How things could play out

On Tuesday, DeSantis said at a press conference that if Apple were to kick Twitter off, it would show that Apple has monopolistic power and that Congress should look into it. DeSantis framed it as an issue of free speech — many conservatives believe that social networks, including Twitter, generally discriminate against conservative viewpoints.

“You also hear reports Apple is threatening to remove Twitter from the App Store because Elon Musk is actually opening it up for free speech, and is restoring a lot of accounts that were unfairly and illegitimately suspended for putting out accurate information about Covid,” DeSantis said.

“If Apple responds to that by nuking them from the app store, I think that would be a huge, huge mistake, and it would be a really raw exercise of monopolistic power,” he continued.

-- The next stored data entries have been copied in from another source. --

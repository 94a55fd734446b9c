//! What bounds the windows of a job.

ghost use Rattle.std.specs.Prelude.{◌≡◌, ◌≤◌, ◌*◌};
ghost use Rattle.congestion_windows.specs.Windows.{limits_of};

/// The bytes of a longest datagram beside the data of its frame.
const BESIDE_DATA: u32 = 208;

/// So many longest datagrams go at first where that is no more than `FIRST_BYTES` (RFC 6928, section 2).
const FIRST_SEGMENTS: u64 = 10;

/// So many bytes go at first, or two longest datagrams.
const FIRST_BYTES: u64 = 14_600;

/// No budget is as large as this one: 64 longest datagrams of any job are a thousandth of it.
const NO_BOUND: u64 = 4_294_967_295;

/// What bounds the windows of a job: numbers of bytes.
#[derive(Clone, Copy, Debug, PartialEq, Eq)]
pub struct WindowLimits {
    /// A longest datagram.
    pub longest: u32,
    /// What a window begins with.
    pub first: u64,
    /// What a window has at most.
    pub budget: u64,
}

impl WindowLimits {
    /// The limits of a job of so many ranks, whose frames have so many bytes of data at most, where the socket of each
    /// rank keeps so many bytes that came. All other ranks may send to one at once, so each has its part of that room,
    /// and two longest datagrams in any case. A room of 0 isn't known: then nothing is bounded.
    pub fn of(frame: u32, room: u32, size: u16) -> WindowLimits
        ensures exact { result ≡ limits_of frame room size }
        ensures least { 2 * result.longest ≤ result.budget }
    {
        let longest = frame.saturating_add(BESIDE_DATA);
        let two = 2 * u64::from(longest);
        if room == 0 {
            return WindowLimits {
                longest,
                first: NO_BOUND.max(two),
                budget: NO_BOUND.max(two),
            };
        }
        let part = u64::from(room) / u64::from(size.saturating_sub(1).max(1));
        let budget = part.max(two);
        let first = two
            .max(FIRST_BYTES)
            .min(FIRST_SEGMENTS * u64::from(longest));
        WindowLimits {
            longest,
            first: first.min(budget),
            budget,
        }
    }
}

Vance framed the situation similarly in a tweet, saying that if Apple pulled Twitter, “This would be the most raw exercise of monopoly power in a century, and no civilized country should allow it.”

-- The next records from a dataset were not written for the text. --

//! What is on its way to one rank.

ghost use Rattle.std.specs.Prelude.{◌≡◌, true};
ghost use Rattle.congestion_windows.specs.Flights.{acknowledged_by, allows, answered, begun, counted, deferred, gone};
ghost use Rattle.congestion_windows.specs.Flights.{is_fresh, is_long, is_withheld, late_behind, late_by, late_with, left_of};
ghost use Rattle.congestion_windows.specs.Flights.{offered, passed_over, repeated, settled, unanswered, went_end, window_behind};
ghost use Rattle.congestion_windows.specs.Flights.{with_ahead, with_gap, with_incarnation};

use crate::limits::WindowLimits;
use crate::window::CongestionWindow;

/// So many frames are on their way to a rank at most.
const MOST_FRAMES: u32 = 64;

/// A frame whose time was over.
#[derive(Clone, Copy, Debug, PartialEq, Eq)]
pub struct TimedOut {
    /// Its number.
    pub number: u64,
    /// The window before that.
    pub window: CongestionWindow,
}

/// What is on its way to one rank: the frames of the session with it that went and aren't acknowledged, and those that
/// are deferred.
///
/// ```text
///    first                first + count           end
///      │ went, unanswered    │ deferred            │ not offered yet
/// ```
#[derive(Clone, Copy, Debug, PartialEq, Eq)]
pub struct Flight {
    /// The incarnation of the rank with which the session is.
    pub incarnation: u16,
    /// The number of the frame that the rank waits for, as far as it told.
    pub first: u64,
    /// So many frames from that one on went.
    pub count: u32,
    /// Which of them are long: bit i tells of the one that is by i before the last one.
    pub long: u64,
    /// Behind the highest frame that was offered.
    pub end: u64,
    /// The window was made smaller for a loss among the frames below this number.
    pub recover: u64,
    /// How much may be unanswered.
    pub window: CongestionWindow,
    /// Whether frames are known to have come behind the one that the rank waits for.
    pub ahead: bool,
    /// The frame whose time was over last, as long as it may have been late and not lost.
    pub late: Option<TimedOut>,
    /// Whether acknowledgements made room since frames were deferred.
    pub asks: bool,
}

/// Whether a datagram of so many bytes counts as a longest one: it has more than an eighth of its bytes.
fn is_long(limits: WindowLimits, size: usize) -> bool
    ensures { result ≡ is_long limits size }
{
    size > (limits.longest / 8) as usize
}

/// The bytes that so many frames count, of which these are long: a long one as many as a longest datagram has, each
/// other one an eighth. No frame has more than it counts.
fn counted(limits: WindowLimits, count: u32, long: u64) -> u64
    ensures { result ≡ counted limits count long }
{
    let longest = u64::from(limits.longest);
    let many = u64::from(long.count_ones());
    let few = u64::from(count).saturating_sub(many);
    many.saturating_mul(longest)
        .saturating_add(few.saturating_mul(longest / 8))
}

/// The frame that may be late, where the one of this number goes again: that one alone.
fn late_with(late: Option<TimedOut>, number: u64) -> Option<TimedOut>
    ensures { result ≡ late_with late number }
{
    let late = late?;
    if late.number == number {
        return Some(late);
    }
    None
}

/// The window behind an acknowledgement of all frames below `next`. Where it tells of one behind the one that may be
/// late, which didn't go again, that one was late and not lost, and the window is as it was (F-RTO, RFC 5682).
fn window_behind(late: Option<TimedOut>, window: CongestionWindow, next: u64) -> CongestionWindow
    ensures { result ≡ window_behind late window next }
{
    match late {
        Some(late) if late.number.saturating_add(1) < next => late.window,
        _ => window,
    }
}

/// The frame that may be late behind such an acknowledgement.
fn late_behind(late: Option<TimedOut>, next: u64) -> Option<TimedOut>
    ensures { result ≡ late_behind late next }
{
    let late = late?;
    if late.number.saturating_add(1) < next {
        return None;
    }
    Some(late)
}

/// Which of the last frames are long, of so many.
fn left_of(long: u64, count: u32) -> u64
    ensures { result ≡ left_of long count }
{
    if count < MOST_FRAMES {
        long % (1u64 << count)
    } else {
        long
    }
}

impl Flight {
    /// A session in which no frame was offered, with an incarnation of a rank.
    pub fn begun(limits: WindowLimits, incarnation: u16) -> Flight
        ensures { result ≡ begun limits incarnation }
    {
        Flight {
            incarnation,
            first: 0,
            count: 0,
            long: 0,
            end: 0,
            recover: 0,
            window: CongestionWindow::opened(limits),
            ahead: false,
            late: None,
            asks: false,
        }
    }

    /// Where a frame goes to this incarnation: a session with another one has ended.
    fn with_incarnation(self, limits: WindowLimits, incarnation: u16) -> Flight
        ensures { result ≡ with_incarnation limits self incarnation }
    {
        if self.incarnation == incarnation {
            self
        } else {
            Flight::begun(limits, incarnation)
        }
    }

    /// Behind the last frame that went.
    fn went_end(self) -> u64
        ensures { result ≡ went_end self }
    {
        self.first.saturating_add(u64::from(self.count))
    }

    /// How many bytes the frames count that are unanswered.
    pub fn unanswered(self, limits: WindowLimits) -> u64
        ensures { result ≡ unanswered limits self }
    {
        counted(limits, self.count, self.long)
    }

    /// Whether one more datagram of so many bytes may go now: with it no more may be unanswered than the window has.
    /// Where nothing is unanswered it may in any case, so nothing is deferred for ever.
    pub fn allows(self, limits: WindowLimits, size: usize) -> bool
        ensures exact { result ≡ allows limits self size }
        ensures none { self.count ≡ 0 → result ≡ true }
    {
        if self.count == 0 {
            return true;
        }
        let longest = u64::from(limits.longest);
        let weight = if is_long(limits, size) {
            longest
        } else {
            longest / 8
        };
        self.count < MOST_FRAMES
            && self.unanswered(limits).saturating_add(weight) <= self.window.bytes
    }

    /// The next frame goes.
    fn gone(self, limits: WindowLimits, number: u64, size: usize) -> Flight
        ensures { result ≡ gone limits self number size }
    {
        let last = u64::from(is_long(limits, size));
        Flight {
            count: self.count.saturating_add(1),
            long: self.long % (1u64 << 63) * 2 + last,
            end: self.end.max(number.saturating_add(1)),
            ..self
        }
    }

    /// The frame of this number, whose time was over: unless later ones are known to have come it may be late alone.
    fn late_by(self, number: u64) -> Option<TimedOut>
        ensures { result ≡ late_by self number }
    {
        if self.ahead {
            return None;
        }
        Some(TimedOut {
            number,
            window: self.window,
        })
    }

    /// A frame goes again. Where it is the one that the rank waits for, its time was over, unless the window was made
    /// smaller for it before.
    fn repeated(self, limits: WindowLimits, number: u64) -> Flight
        ensures { result ≡ repeated limits self number }
    {
        if self.first != number || number < self.recover {
            return Flight {
                late: late_with(self.late, number),
                ..self
            };
        }
        Flight {
            window: self.window.timed_out(limits, self.unanswered(limits)),
            recover: self.went_end(),
            late: self.late_by(number),
            ..self
        }
    }

    /// Behind a frame of this number and so many bytes that is to go to the session of this flight. The next one goes
    /// where its window has room; else it is deferred, and so are those behind it. One that went before goes again.
    fn passed_over(self, limits: WindowLimits, number: u64, size: usize) -> Flight
        ensures { result ≡ passed_over limits self number size }
    {
        if number < self.went_end() {
            return self.repeated(limits, number);
        }
        if self.went_end() == number && self.allows(limits, size) {
            return self.gone(limits, number, size);
        }
        if self.end == number {
            return Flight {
                end: number.saturating_add(1),
                ..self
            };
        }
        self
    }

    /// Behind a frame of this number and so many bytes that is to go to this incarnation now, as far as whoever sends
    /// it knows.
    pub fn offered(self, limits: WindowLimits, incarnation: u16, number: u64, size: usize) -> Flight
        ensures { result ≡ offered limits self incarnation number size }
    {
        self.with_incarnation(limits, incarnation)
            .passed_over(limits, number, size)
    }

    /// Whether the frame of this number to this incarnation isn't to go: it is answered, or it was offered and had no
    /// room, so that it is deferred.
    pub fn is_withheld(self, incarnation: u16, number: u64) -> bool
        ensures { result ≡ is_withheld self incarnation number }
    {
        self.incarnation == incarnation
            && (number < self.first || (self.went_end() <= number && number < self.end))
    }

    /// Whether the frame of this number to this incarnation didn't go yet.
    pub fn is_fresh(self, incarnation: u16, number: u64) -> bool
        ensures { result ≡ is_fresh self incarnation number }
    {
        self.incarnation != incarnation || self.went_end() <= number
    }

    /// What is deferred was asked for.
    pub(crate) fn settle(&mut self)
        ensures { self.new ≡ settled self.old }
    {
        self.asks = false;
    }

    /// The first frames are answered, so many of them: the window grows by what they counted. If frames are deferred,
    /// there may be room for them.
    fn answered(self, limits: WindowLimits, frames: u32) -> Flight
        ensures { result ≡ answered limits self frames }
    {
        if frames == 0 {
            return self;
        }
        let left = self.count.saturating_sub(frames);
        let long = left_of(self.long, left);
        let before = self.unanswered(limits);
        let answered = before.saturating_sub(counted(limits, left, long));
        let first = self.first.saturating_add(u64::from(frames));
        Flight {
            first,
            count: left,
            long,
            window: window_behind(self.late, self.window, first).acknowledged(limits, answered),
            late: late_behind(self.late, first),
            asks: self.asks || self.went_end() < self.end,
            ..self
        }
    }

    /// The rank tells whether frames came behind the one that it waits for.
    fn with_ahead(self, next: u64, held: u64) -> Flight
        ensures { result ≡ with_ahead self next held }
    {
        if self.first != next {
            return self;
        }
        Flight {
            ahead: held != 0,
            ..self
        }
    }

    /// Where three frames came behind the one that the rank waits for, that one is lost: the window is halved, once for
    /// all that are unanswered then.
    fn with_gap(self, limits: WindowLimits, held: u64) -> Flight
        ensures { result ≡ with_gap limits self held }
    {
        if self.count == 0 || held.count_ones() < 3 || self.first < self.recover {
            return self;
        }
        Flight {
            window: self.window.lost(limits, self.unanswered(limits)),
            recover: self.went_end(),
            late: None,
            ..self
        }
    }

    /// Behind an acknowledgement of all frames below `next` from this incarnation; bit i of `held` tells that the frame
    /// came whose number is by i higher.
    pub fn acknowledged_by(
        self,
        limits: WindowLimits,
        incarnation: u16,
        next: u64,
        held: u64,
    ) -> Flight
        ensures { result ≡ acknowledged_by limits self incarnation next held }
    {
        if self.incarnation != incarnation {
            return self;
        }
        let frames = next.saturating_sub(self.first).min(u64::from(self.count)) as u32;
        self.answered(limits, frames)
            .with_ahead(next, held)
            .with_gap(limits, held)
    }
}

In fact, Apple’s app review department is unlikely to pull Twitter over content. While Apple regularly bans apps over questionable content, they are rarely big brand names such as Twitter — they’re usually smaller, lesser-known apps. Apple’s rules for apps with significant user-generated content, such as Twitter, focus less on specific kinds of infringing content and more on whether the app has a content filtering system or content moderation procedures. Twitter has both, although Musk’s recent cuts to Twitter’s staff could hurt its ability to flag problem posts.

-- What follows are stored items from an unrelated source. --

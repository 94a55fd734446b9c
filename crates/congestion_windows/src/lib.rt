//! How many bytes may be on their way to each rank of a job: a budget, and a congestion window within it (RFC 5681:
//! slow start, additive growth, halved at a loss), learned from the datagrams that go out and come alone.
//!
//! What has no room in its window is deferred: it isn't sent yet. Nothing is kept here, since whoever sends has it.
#![tactic(auto)]

mod flight;
mod limits;
mod window;
mod windows;

pub use crate::flight::{Flight, TimedOut};
pub use crate::limits::WindowLimits;
pub use crate::window::CongestionWindow;
pub use crate::windows::CongestionWindows;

But Apple would be much more likely to pull the Twitter app if Twitter tries to cut Apple out of its platform fees.

It’s happened before. In 2020, Fortnite added a system inside its iPhone app that allowed users to buy in-game coins directly from Epic Games, cutting out the 30% of sales that Apple typically takes. Apple removed Fortnite from the App Store the same day. The episode kicked off a legal battle, which Apple won on most counts but is currently in appeals.

Google takes a similar cut for Android apps sold through its Play Store but also allows other Android app stores to exist and allows people to “sideload” apps directly onto their phones, while Apple has an exclusive lock on all iPhone app distribution.

Musk has good business reasons to pick this fight.

In particular, Musk wants Twitter to make much more money from direct subscriptions and not advertising. But Apple’s 30% cut of purchases made inside apps is a major hurdle for a company that is slashing costs and has a significant debt load.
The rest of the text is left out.